### Work to complete:
The answer must consist of the listing, reproduced exactly.

⟨

//! The entries that apply to one text.

ghost use Rattle.std.specs.Prelude.{List, All, IfOk, OnOk};
ghost use Rattle.ux_dela.specs.Sound.{IsSound};
ghost use Rattle.ux_dela.specs.declared.entry.Entry.{Entry};
ghost use Rattle.ux_dict.specs.Content.{AreDifferent};
ghost use Rattle.ux_dict.specs.Forms.{IsFitting};
ghost use Rattle.ux_lexicon.specs.Reached.{IsReachedBy};
ghost use Rattle.ux_apply.specs.Applying.{AreApplying, AreFound, content_at};
ghost use Rattle.ux_apply.specs.Cursors.{WhereLedBy};
ghost use Rattle.ux_apply.specs.Kept.{AreAdded};

use crate::cursors::Cursor;
use crate::priority::Priority;
use std::alloc::Global;
use ux_alphabet::Alphabet;
use ux_base::Mem;
use ux_dela::Entry;
use ux_dict::different;
use ux_lexicon::Reached;

/// The entries that apply to the text, which led to the cursors: those of the highest priority of
/// which some dictionary has any. Takes no memory where no form ends.
pub(crate) fn applying_there(
    alloc: Global,
    cursors: &[Cursor<'_>],
    text: &str,
    alphabet: &Alphabet,
) -> Mem<Vec<Entry>>
    ensures applies { IfOk result (λ entries. WhereLedBy alphabet.now text.now cursors.now
        (λ dics. AreApplying alphabet.now dics text.now entries.items)) }
    ensures sound { IfOk result (λ entries. WhereLedBy alphabet.now text.now cursors.now
        (λ _. All IsSound entries.items)) }
{
    let high = found(alloc, cursors, text, alphabet, Priority::High)?;
    if !high.is_empty() {
        return Ok(high);
    }
    let normal = found(alloc, cursors, text, alphabet, Priority::Normal)?;
    if !normal.is_empty() {
        return Ok(normal);
    }
    found(alloc, cursors, text, alphabet, Priority::Low)
}

/// The entries that dictionaries of one priority have for the text, each once.
fn found(
    alloc: Global,
    cursors: &[Cursor<'_>],
    text: &str,
    alphabet: &Alphabet,
    priority: Priority,
) -> Mem<Vec<Entry>>
    ensures found { IfOk result (λ entries. WhereLedBy alphabet.now text.now cursors.now
        (λ dics. AreFound alphabet.now dics text.now priority entries.items)) }
    ensures sound { IfOk result (λ entries. WhereLedBy alphabet.now text.now cursors.now
        (λ _. All IsSound entries.items)) }
{
    let fitting = fitting_entries(alloc, cursors, text, alphabet, priority)?;
    each_once(alloc, fitting)
}

/// The entries of all dictionaries of one priority that fit the text, one dictionary after the
/// other.
fn fitting_entries(
    alloc: Global,
    cursors: &[Cursor<'_>],
    text: &str,
    alphabet: &Alphabet,
    priority: Priority,
) -> Mem<Vec<Entry>>
    ensures fitting { IfOk result (λ entries. WhereLedBy alphabet.now text.now cursors.now (λ dics.
        IsFitting alphabet.now text.now (content_at priority dics) entries.items)) }
    ensures sound { IfOk result (λ entries. WhereLedBy alphabet.now text.now cursors.now
        (λ _. All IsSound entries.items)) }
{
    let mut entries = Vec::new(alloc);
    for cursor in cursors {
        if cursor.priority.is(priority) {
            push_ending(&mut entries, alloc, &cursor.reached, text, alphabet)?;
        }
    }
    Ok(entries)
}

/// Puts the entries of a dictionary last that fit the text, which led to the place.
fn push_ending(
    entries: &mut Vec<Entry>,
    alloc: Global,
    reached: &Reached<'_>,
    text: &str,
    alphabet: &Alphabet,
) -> Mem<()>
    ensures added { OnOk result ((content : List Entry) →
        IsReachedBy alphabet.now content text.now reached.now →
        AreAdded alphabet.now text.now content entries.old.items entries.new.items) }
    ensures sound { OnOk result ((content : List Entry) →
        IsReachedBy alphabet.now content text.now reached.now → All IsSound entries.old.items →
        All IsSound entries.new.items) }
{
    let mut more = reached.ending(alloc, text, alphabet)?;
    if entries.is_empty() {
        // Mostly one dictionary alone has any: its list serves as it is, with no room beyond.
        *entries = more;
        return Ok(());
    }
    entries.append(&mut more)?;
    Ok(())
}

/// The entries, each at its first place alone. Takes a step an entry, and no table for one alone.
fn each_once(alloc: Global, entries: Vec<Entry>) -> Mem<Vec<Entry>>
    ensures { IfOk result (λ once. AreDifferent entries.items once.items) }
{
    if entries.len() < 2 {
        return Ok(entries);
    }
    different(alloc, entries)
}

⟩

### Exercise result:
//! The entries that apply to one text.

ghost use Rattle.std.specs.Prelude.{List, All, IfOk, OnOk};
ghost use Rattle.ux_dela.specs.Sound.{IsSound};
ghost use Rattle.ux_dela.specs.declared.entry.Entry.{Entry};
ghost use Rattle.ux_dict.specs.Content.{AreDifferent};
ghost use Rattle.ux_dict.specs.Forms.{IsFitting};
ghost use Rattle.ux_lexicon.specs.Reached.{IsReachedBy};
ghost use Rattle.ux_apply.specs.Applying.{AreApplying, AreFound, content_at};
ghost use Rattle.ux_apply.specs.Cursors.{WhereLedBy};
ghost use Rattle.ux_apply.specs.Kept.{AreAdded};

use crate::cursors::Cursor;
use crate::priority::Priority;
use std::alloc::Global;
use ux_alphabet::Alphabet;
use ux_base::Mem;
use ux_dela::Entry;
use ux_dict::different;
use ux_lexicon::Reached;

/// The entries that apply to the text, which led to the cursors: those of the highest priority of
/// which some dictionary has any. Takes no memory where no form ends.
pub(crate) fn applying_there(
    alloc: Global,
    cursors: &[Cursor<'_>],
    text: &str,
    alphabet: &Alphabet,
) -> Mem<Vec<Entry>>
    ensures applies { IfOk result (λ entries. WhereLedBy alphabet.now text.now cursors.now
        (λ dics. AreApplying alphabet.now dics text.now entries.items)) }
    ensures sound { IfOk result (λ entries. WhereLedBy alphabet.now text.now cursors.now
        (λ _. All IsSound entries.items)) }
{
    let high = found(alloc, cursors, text, alphabet, Priority::High)?;
    if !high.is_empty() {
        return Ok(high);
    }
    let normal = found(alloc, cursors, text, alphabet, Priority::Normal)?;
    if !normal.is_empty() {
        return Ok(normal);
    }
    found(alloc, cursors, text, alphabet, Priority::Low)
}

/// The entries that dictionaries of one priority have for the text, each once.
fn found(
    alloc: Global,
    cursors: &[Cursor<'_>],
    text: &str,
    alphabet: &Alphabet,
    priority: Priority,
) -> Mem<Vec<Entry>>
    ensures found { IfOk result (λ entries. WhereLedBy alphabet.now text.now cursors.now
        (λ dics. AreFound alphabet.now dics text.now priority entries.items)) }
    ensures sound { IfOk result (λ entries. WhereLedBy alphabet.now text.now cursors.now
        (λ _. All IsSound entries.items)) }
{
    let fitting = fitting_entries(alloc, cursors, text, alphabet, priority)?;
    each_once(alloc, fitting)
}

/// The entries of all dictionaries of one priority that fit the text, one dictionary after the
/// other.
fn fitting_entries(
    alloc: Global,
    cursors: &[Cursor<'_>],
    text: &str,
    alphabet: &Alphabet,
    priority: Priority,
) -> Mem<Vec<Entry>>
    ensures fitting { IfOk result (λ entries. WhereLedBy alphabet.now text.now cursors.now (λ dics.
        IsFitting alphabet.now text.now (content_at priority dics) entries.items)) }
    ensures sound { IfOk result (λ entries. WhereLedBy alphabet.now text.now cursors.now
        (λ _. All IsSound entries.items)) }
{
    let mut entries = Vec::new(alloc);
    for cursor in cursors {
        if cursor.priority.is(priority) {
            push_ending(&mut entries, alloc, &cursor.reached, text, alphabet)?;
        }
    }
    Ok(entries)
}

/// Puts the entries of a dictionary last that fit the text, which led to the place.
fn push_ending(
    entries: &mut Vec<Entry>,
    alloc: Global,
    reached: &Reached<'_>,
    text: &str,
    alphabet: &Alphabet,
) -> Mem<()>
    ensures added { OnOk result ((content : List Entry) →
        IsReachedBy alphabet.now content text.now reached.now →
        AreAdded alphabet.now text.now content entries.old.items entries.new.items) }
    ensures sound { OnOk result ((content : List Entry) →
        IsReachedBy alphabet.now content text.now reached.now → All IsSound entries.old.items →
        All IsSound entries.new.items) }
{
    let mut more = reached.ending(alloc, text, alphabet)?;
    if entries.is_empty() {
        // Mostly one dictionary alone has any: its list serves as it is, with no room beyond.
        *entries = more;
        return Ok(());
    }
    entries.append(&mut more)?;
    Ok(())
}

/// The entries, each at its first place alone. Takes a step an entry, and no table for one alone.
fn each_once(alloc: Global, entries: Vec<Entry>) -> Mem<Vec<Entry>>
    ensures { IfOk result (λ once. AreDifferent entries.items once.items) }
{
    if entries.len() < 2 {
        return Ok(entries);
    }
    different(alloc, entries)
}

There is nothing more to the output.